Buyer- and person-centric services add value, and earn their keep, by helping individuals achieve their personal goals and improve their personal economics. This is in contrast to today's primarily seller-centric set-up which revolves around improving the economics of companies.
The person-centric perspective sees every individual as a business in his or her own right: a business that naturally wants to improve its performance and economics. (More on buyer-centric economics). For a two-minute slide presentation outlining buyer-centric basics, click here.)
As individuals, we are all involved in the business of making our own lives.

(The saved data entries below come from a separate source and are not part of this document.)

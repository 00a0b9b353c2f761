// The developer fields of a definition and of its messages, in every window.

use super::RECORD;
use crate::equality::equal;
use crate::grammar::items::{Read, Stated, define, read_items};
use fit_grammar::{Item, Step, Table, least_length, next_item};

static AFTER_FIELDS: [Read<'static>; 2] = [
    Read::Definition(&RECORD),
    Read::Message(
        &[0x00, 0x64, 0xAB, 0xCD],
        0,
        Stated {
            global: 20,
            time: None,
            fields: &[(3, 0x02, 100)],
            developer: &[(0, 0, &[0xAB, 0xCD])],
        },
    ),
];

#[test]
fn they_stand_after_the_fields(rt: HostRuntime) {
    read_items(&rt, &AFTER_FIELDS);
}

// The definition has both bits that are reserved in other headers, and the high byte first.
static SOME_EMPTY: [Read<'static>; 2] = [
    Read::Definition(&[0x71, 7, 0xFF, 0, 20, 0, 3, 5, 0, 9, 6, 1, 9, 7, 0, 250]),
    Read::Message(
        &[0x01, 0xEE],
        0,
        Stated {
            global: 20,
            time: None,
            fields: &[],
            developer: &[(9, 5, &[]), (9, 6, &[0xEE]), (250, 7, &[])],
        },
    ),
];

#[test]
fn some_have_no_byte(rt: HostRuntime) {
    read_items(&rt, &SOME_EMPTY);
}

// A definition that announces developer fields and has none.
const ANNOUNCED: [u8; 10] = [0x60, 0, 0, 20, 0, 1, 3, 1, 2, 0];

static NONE: [Read<'static>; 2] = [
    Read::Definition(&ANNOUNCED),
    Read::Message(
        &[0x00, 0x64],
        0,
        Stated {
            global: 20,
            time: None,
            fields: &[(3, 0x02, 100)],
            developer: &[],
        },
    ),
];

// How many bytes the definition at the front of this window has, its size when it is written, and its number of developer fields.
fn definition_in(window: &[u8]) -> Option<(usize, usize, usize)> {
    let table = Table::new();
    let Step::Item(item, used) = next_item(window, &table) else {
        return None;
    };
    let size = item.size();
    match item {
        Item::Definition(message) => Some((used, size, message.read().developer.len())),
        Item::Data(_) => None,
    }
}

#[test]
fn none_may_be_announced(rt: HostRuntime) {
    equal(&rt, definition_in(&ANNOUNCED), Some((10, 9, 0)));
    read_items(&rt, &NONE);
}

static AFTER_TIMESTAMP: [Read<'static>; 2] = [
    Read::Definition(&RECORD),
    Read::Message(
        &[0x85, 0x64, 0xAB, 0xCD],
        0,
        Stated {
            global: 20,
            time: Some(5),
            fields: &[(253, 0x86, 5), (3, 0x02, 100)],
            developer: &[(0, 0, &[0xAB, 0xCD])],
        },
    ),
];

#[test]
fn a_compressed_timestamp_stands_before_them(rt: HostRuntime) {
    read_items(&rt, &AFTER_TIMESTAMP);
}

// A developer field with the number of a time.
static NUMBER_OF_TIME: [Read<'static>; 2] = [
    Read::Definition(&[0x60, 0, 0, 20, 0, 0, 1, 253, 4, 0x86]),
    Read::Message(
        &[0, 0x00, 0xCA, 0x9A, 0x3B],
        9,
        Stated {
            global: 20,
            time: None,
            fields: &[],
            developer: &[(0x86, 253, &[0x00, 0xCA, 0x9A, 0x3B])],
        },
    ),
];

#[test]
fn none_of_them_is_a_time(rt: HostRuntime) {
    read_items(&rt, &NUMBER_OF_TIME);
}

static LATER: [Read<'static>; 3] = [
    Read::Definition(&RECORD),
    Read::Definition(&[0x40, 0, 0, 20, 0, 1, 3, 1, 2]),
    Read::Message(
        &[0x00, 0x65],
        0,
        Stated {
            global: 20,
            time: None,
            fields: &[(3, 0x02, 101)],
            developer: &[],
        },
    ),
];

#[test]
fn a_later_definition_has_none(rt: HostRuntime) {
    read_items(&rt, &LATER);
}

static LONG: [u8; 16] = [0x60, 0, 0, 20, 0, 1, 3, 1, 2, 2, 0, 2, 0, 1, 1, 0];

// The least length that so many of its first bytes show.
fn least_by(len: usize) -> usize {
    if len < 6 {
        6
    } else if len < 10 {
        10
    } else {
        16
    }
}

// Six bytes until the number of fields is known, then the bytes up to the number of developer fields, then all.
#[test]
fn as_long_as_the_bytes_state(rt: HostRuntime) {
    let mut table = Table::new();
    for len in 1..=LONG.len() {
        let reported = least_length(&LONG[..len], &table).ok();
        equal(&rt, (len, reported), (len, Some(least_by(len))));
    }
    define(&rt, &LONG, &mut table);
    // Its first byte, a field of one byte, and developer fields of two bytes and one.
    equal(&rt, least_length(&[0x00], &table).ok(), Some(5));
}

To do so efficiently and effectively we have to do all the things that businesses have to do.
We have to:
- set goals, define priorities, choose between alternative courses of action, make plans, administer processes
- go to market to acquire and use the things we need to achieve our desired outcomes.

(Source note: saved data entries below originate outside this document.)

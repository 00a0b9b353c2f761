// Asserts that two values are equal. A call of this is proved in a third of the time of `assert_eq!`, which is used with a
// message, or if a later line depends on what it asserts.

use std::fmt::Debug;
use std::process::Abort;

pub(crate) fn equal<T: PartialEq + Debug + Drop>(rt: &impl Abort, left: T, right: T) {
    assert!(rt; left == right, "{left:?} is not {right:?}");
}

- invest resources and assets (personal assets such as time, money, energy and attention) to achieve our desired outcomes.
We have to work hard to achieve these things, which means we value personal productivity.

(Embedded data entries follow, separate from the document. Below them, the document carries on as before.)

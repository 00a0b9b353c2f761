// Recordings from lines over a disk in memory. The answers are from outside.

use crate::equality::equal;
use crate::failing::Failing;
use crate::reading::Pieces;
use crate::replays::records_left;
use fit_disk::{Disk, Memory, Which};
use fit_files::{ReadFault, ReportFault};
use fit_runs::{Rehearsal, Streams, record};
use std::alloc::{AllocError, Global};
use std::io::{self, ErrorKind, Read, Write};
use std::process::Abort;

const START: &[u8] = b"start 1000000000 7 running\n";

// A reader that gives all of these bytes.
fn all_of(lines: &[u8]) -> Pieces<'_> {
    Pieces {
        rest: lines,
        step: usize::MAX,
        calls: usize::MAX,
    }
}

// Records the lines of a reader.
fn record_from<D: Disk, T: Read + Drop, O: Write>(
    alloc: Global,
    disk: D,
    from: T,
    every: Option<u32>,
    out: &mut O,
) -> (D, Result<usize, ReportFault>) {
    record(alloc, disk, every, &mut Streams::new(from, out))
}

// Lines, every how many seconds of the ride they are committed, their answers, and how many of these are not ok.
type Case = (&'static [u8], Option<u32>, &'static str, usize);

// Whether lines have these answers, of which so many are not ok.
fn has_answers(
    alloc: Global,
    lines: &[u8],
    every: Option<u32>,
    text: &str,
    refused: usize,
) -> bool {
    let mut out = Vec::new(alloc);
    let disk = Memory::new(alloc);
    let (_, recorded) = record_from(alloc, disk, all_of(lines), every, &mut out);
    recorded == Ok(refused) && out.as_slice() == text.as_bytes()
}

// Asserts that the lines of each case have its answers.
fn expect_answers(rt: &impl Abort, alloc: Global, cases: &[Case]) {
    for (lines, every, text, refused) in cases {
        let is_answered = has_answers(alloc, lines, *every, text, *refused);
        assert!(rt; is_answered, "{lines:?} {every:?}");
    }
}

static LINES: [Case; 3] = [
    (
        b"start 1000000000 7 running\n\n# a comment\nsample 1000000001 hr=90\ncommit\nstop 1000000002\n",
        None,
        "1 start: ok\n4 sample: ok\n5 commit: ok\n6 stop: ok\n",
        0,
    ),
    (
        b"sample 1000000001\ncommit\n",
        None,
        "1 sample: NoRecorder\n2 commit: NoRecorder\n",
        2,
    ),
    (b"", None, "", 0),
];

#[test]
fn each_line_is_answered(rt: HostRuntime) {
    expect_answers(&rt, rt.alloc(), &LINES);
}

// A reader whose first calls are interrupted, so many of them, and which then gives one byte a call.
#[derive(Drop)]
struct Lagging<'a> {
    waits: usize,
    bytes: Pieces<'a>,
}

impl Read for Lagging<'_> {
    fn read(&mut self, buf: &mut [u8]) -> io::Result<usize> {
        if self.waits > 0 {
            self.waits -= 1;
            return Err(ErrorKind::Interrupted.into());
        }
        self.bytes.read(buf)
    }
}

// A ride of one sample with so many comments before it.
fn commented_ride(alloc: Global, comments: u32) -> Result<Vec<u8>, AllocError> {
    let mut lines = Vec::from_slice(alloc, START)?;
    for _ in 0..comments {
        lines.extend_from_slice(b"#\n")?;
    }
    lines.extend_from_slice(b"sample 1000000001\n")?;
    Ok(lines)
}

// Asserts that the lines of a reader have these answers, and that a recovery finds so many records.
fn expect_recorded(
    rt: &impl Abort,
    alloc: Global,
    from: impl Read + Drop,
    recorded: Result<usize, ReportFault>,
    text: &str,
    records: u32,
) {
    let mut out = Vec::new(alloc);
    let (disk, outcome) = record_from(alloc, Memory::new(alloc), from, None, &mut out);
    equal(rt, outcome, recorded);
    equal(rt, out.as_slice(), text.as_bytes());
    equal(rt, records_left(disk), Some(records));
}

// However many calls of its reader give nothing or little, a recording goes on.
#[test]
fn a_reader_that_lags_ends_no_recording(rt: HostRuntime) -> Result<(), AllocError> {
    let lines = commented_ride(rt.alloc(), 35_000)?;
    let bytes = Pieces {
        rest: lines.as_slice(),
        step: 1,
        calls: usize::MAX,
    };
    let from = Lagging {
        waits: 70_000,
        bytes,
    };
    let text = "1 start: ok\n35002 sample: ok\n35003 commit: ok\n";
    expect_recorded(&rt, rt.alloc(), from, Ok(0), text, 1);
    Ok(())
}

const ONE_SAMPLE_ANSWERS: &str = "1 start: ok\n2 sample: ok\n3 commit: ok\n";

static ENDS: [Case; 3] = [
    (
        b"start 1000000000 7 running\nsample 1000000001\n",
        None,
        ONE_SAMPLE_ANSWERS,
        0,
    ),
    (
        b"start 1000000000 7 running\r\nsample 1000000001\r\n",
        None,
        ONE_SAMPLE_ANSWERS,
        0,
    ),
    (
        b"start 1000000000 7 running\nsample 1000000001",
        None,
        ONE_SAMPLE_ANSWERS,
        0,
    ),
];

// A line may end with a carriage return, and the last one without a newline.
#[test]
fn lines_end_in_three_ways(rt: HostRuntime) {
    expect_answers(&rt, rt.alloc(), &ENDS);
}

const FAULTY: &[u8] =
    b"start 1000000000 7 running\nsample 1000000001 hr=9x\nsample 1000000002 hr=90\npower\nlap\n";

// The same lines without the faulty ones.
const PLAIN: &[u8] = b"start 1000000000 7 running\nsample 1000000002 hr=90\n";

// The disk that a recording of these lines leaves.
fn disk_of(alloc: Global, lines: &[u8]) -> Memory {
    let mut out = Vec::new(alloc);
    let disk = Memory::new(alloc);
    let (disk, _) = record_from(alloc, disk, all_of(lines), None, &mut out);
    disk
}

// The files are those of the same lines without the faulty ones.
#[test]
fn a_faulty_line_changes_nothing(rt: HostRuntime) {
    let text =
        "1 start: ok\n2 line: BadNumber\n3 sample: ok\n4 line: OnlySimulate\n5 line: MissingWord\n6 commit: ok\n";
    assert!(rt; has_answers(rt.alloc(), FAULTY, None, text, 3));
    let disk = disk_of(rt.alloc(), FAULTY);
    let same = disk_of(rt.alloc(), PLAIN);
    for which in [Which::Data, Which::Journal] {
        equal(&rt, disk.content(which), same.content(which));
    }
}

// A comment of so many bytes after a start, and this at its end.
fn with_comment(alloc: Global, len: usize, end: &[u8]) -> Result<Vec<u8>, AllocError> {
    let mut lines = Vec::from_slice(alloc, START)?;
    for _ in 0..len {
        lines.push(b'#')?;
    }
    lines.extend_from_slice(end)?;
    Ok(lines)
}

const TOO_LONG: &str = "1 start: ok\n2 line: TooLong\n3 commit: ok\n";

const NOT_TOO_LONG: &str = "1 start: ok\n3 commit: ok\n";

// The length of a line, its end, its answers, and how many of these are not ok.
static LONG_LINES: [(usize, &[u8], &str, usize); 6] = [
    (4097, b"", TOO_LONG, 1),
    (4096, b"", NOT_TOO_LONG, 0),
    (4097, b"\n", TOO_LONG, 1),
    (4096, b"\n", NOT_TOO_LONG, 0),
    (4097, b"\r\n", TOO_LONG, 1),
    (4096, b"\r\n", NOT_TOO_LONG, 0),
];

// A line of 4,097 bytes is too long, and one of 4,096 is not. A carriage return that ends it does not count.
#[test]
fn a_line_that_is_too_long(rt: HostRuntime) -> Result<(), AllocError> {
    for (len, end, text, refused) in LONG_LINES {
        let lines = with_comment(rt.alloc(), len, end)?;
        let is_answered = has_answers(rt.alloc(), lines.as_slice(), None, text, refused);
        assert!(rt; is_answered, "{len} {end:?}");
    }
    Ok(())
}

const COMMITTED: &[u8] = b"start 1000000000 7 running
sample 1000000004
sample 1000000005
lap 1000000009
sample 1000000003
commit
sample 1000000013
sample 1000000014
stop 1000000030
";

const EVERY_FIVE: &str =
    "1 start: ok\n2 sample: ok\n3 sample: ok\n3 commit: ok\n4 lap: ok\n5 sample: Refused(Time)\n6 commit: ok\n7 sample: ok\n8 sample: ok\n8 commit: ok\n9 stop: ok\n";

const NEVER: &str =
    "1 start: ok\n2 sample: ok\n3 sample: ok\n4 lap: ok\n5 sample: Refused(Time)\n6 commit: ok\n7 sample: ok\n8 sample: ok\n9 stop: ok\n";

static COMMITS: [Case; 3] = [
    (COMMITTED, Some(5), EVERY_FIVE, 1),
    (COMMITTED, None, NEVER, 1),
    (COMMITTED, Some(u32::MAX), NEVER, 1),
];

// Every five seconds of the ride: the start, a commit of its own and one by a line are counted from. A refused entry does not count.
#[test]
fn commits_by_itself(rt: HostRuntime) {
    expect_answers(&rt, rt.alloc(), &COMMITS);
}

const REOPENED: &[u8] = b"start 1000000000 7 running
restart
reopen
sample 1000000020
sample 1000000024
sample 1000000025
";

static COMMITS_AFTER_A_REOPENING: [Case; 2] = [
    (
        REOPENED,
        Some(5),
        "1 start: ok\n2 restart: ok\n3 reopen: ok\n4 sample: ok\n4 commit: ok\n5 sample: ok\n6 sample: ok\n6 commit: ok\n7 commit: ok\n",
        0,
    ),
    (
        REOPENED,
        Some(0),
        "1 start: ok\n2 restart: ok\n3 reopen: ok\n4 sample: ok\n4 commit: ok\n5 sample: ok\n5 commit: ok\n6 sample: ok\n6 commit: ok\n7 commit: ok\n",
        0,
    ),
];

// After a reopening the last entry of the ride is counted from, here its start. With 0 seconds each entry is committed.
#[test]
fn commits_by_itself_after_a_reopening(rt: HostRuntime) {
    expect_answers(&rt, rt.alloc(), &COMMITS_AFTER_A_REOPENING);
}

const TWO_SAMPLES: &[u8] = b"start 1000000000 7 running\nsample 1000000001\nsample 1000000002\n";

const TWO_SAMPLES_ANSWERS: &str =
    "1 start: ok\n2 sample: ok\n2 commit: ok\n3 sample: ok\n3 commit: ok\n4 commit: ok\n";

// How many bytes of the answers are printed if this one is refused, and how many records are left.
static KEPT: [(usize, u32); 7] = [(0, 0), (12, 0), (25, 1), (38, 1), (51, 2), (64, 2), (77, 2)];

// Whether the recording ends if this answer is refused, with so many bytes printed and so many records left.
fn ends(alloc: Global, answered: usize, printed: usize, records: u32) -> bool {
    let mut out = Failing::new(alloc, usize::MAX, answered);
    let disk = Memory::new(alloc);
    let (disk, recorded) = record_from(alloc, disk, all_of(TWO_SAMPLES), Some(1), &mut out);
    let outcome = if printed == TWO_SAMPLES_ANSWERS.len() {
        Ok(0)
    } else {
        Err(ReportFault::Output)
    };
    recorded == outcome
        && TWO_SAMPLES_ANSWERS.as_bytes().get(..printed) == Some(out.held.as_slice())
        && records_left(disk) == Some(records)
}

// Each answer is refused in turn. The command that it answers was done, and none after it: no commit that is due, and none at the end.
#[test]
fn a_recording_ends_where_its_output_fails(rt: HostRuntime) {
    for (answered, (printed, records)) in KEPT.into_iter().enumerate() {
        assert!(rt; ends(rt.alloc(), answered, printed, records), "{answered}");
    }
}

// The lines that had ended are done and committed, and a line that had not ended is not done.
#[test]
fn a_recording_ends_where_its_input_fails(rt: HostRuntime) {
    let from = Pieces {
        rest: TWO_SAMPLES,
        step: 31,
        calls: 2,
    };
    let failed = Err(ReportFault::Input(ReadFault::Failed));
    let text = ONE_SAMPLE_ANSWERS;
    expect_recorded(&rt, rt.alloc(), from, failed, text, 1);
}

// How many bytes are told before the read of this byte of two samples, or of the end.
fn told_before(byte: usize) -> usize {
    match byte {
        0..27 => 0,
        27..45 => 12,
        45..63 => 38,
        _ => 64,
    }
}

// The first line has 27 bytes, and the others have 18 each. Whatever a line has for answers is told before the next byte is read.
#[test]
fn each_line_is_answered_before_the_next_read(rt: HostRuntime) {
    let from = Pieces {
        rest: TWO_SAMPLES,
        step: 1,
        calls: usize::MAX,
    };
    let mut out = Vec::new(rt.alloc());
    let mut rehearsal = Rehearsal::new(rt.alloc(), from, &mut out);
    let (_, recorded) = record(rt.alloc(), Memory::new(rt.alloc()), Some(1), &mut rehearsal);
    equal(&rt, recorded, Ok(0));
    equal(&rt, rehearsal.told_before_reads.len(), 64);
    for (byte, told) in rehearsal.told_before_reads.iter().enumerate() {
        assert_eq!(rt; *told, told_before(byte), "{byte}");
    }
}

And we have to do these thngs across many specialist departments such as ‘my home’, ’money’, ‘health’, ‘career’, ‘my communications and information, ‘my personal transport’, ‘my leisure and entertainment’, ‘my passions' (i.e. my hobbies and causes ) and so on.
We also have to do these things across a wide range of different life events such as births, marriages, divorces, death – and intermediate challenges such as moving home, changing careers and so on.
Buyer and person-centric services are designed and organised to help individuals do all these things better and more efficiently; to achieve richer life outcomes at lower personal and financial cost.
So what will buyer-centric businesses look like?
How will they cover their costs and become viable businesses?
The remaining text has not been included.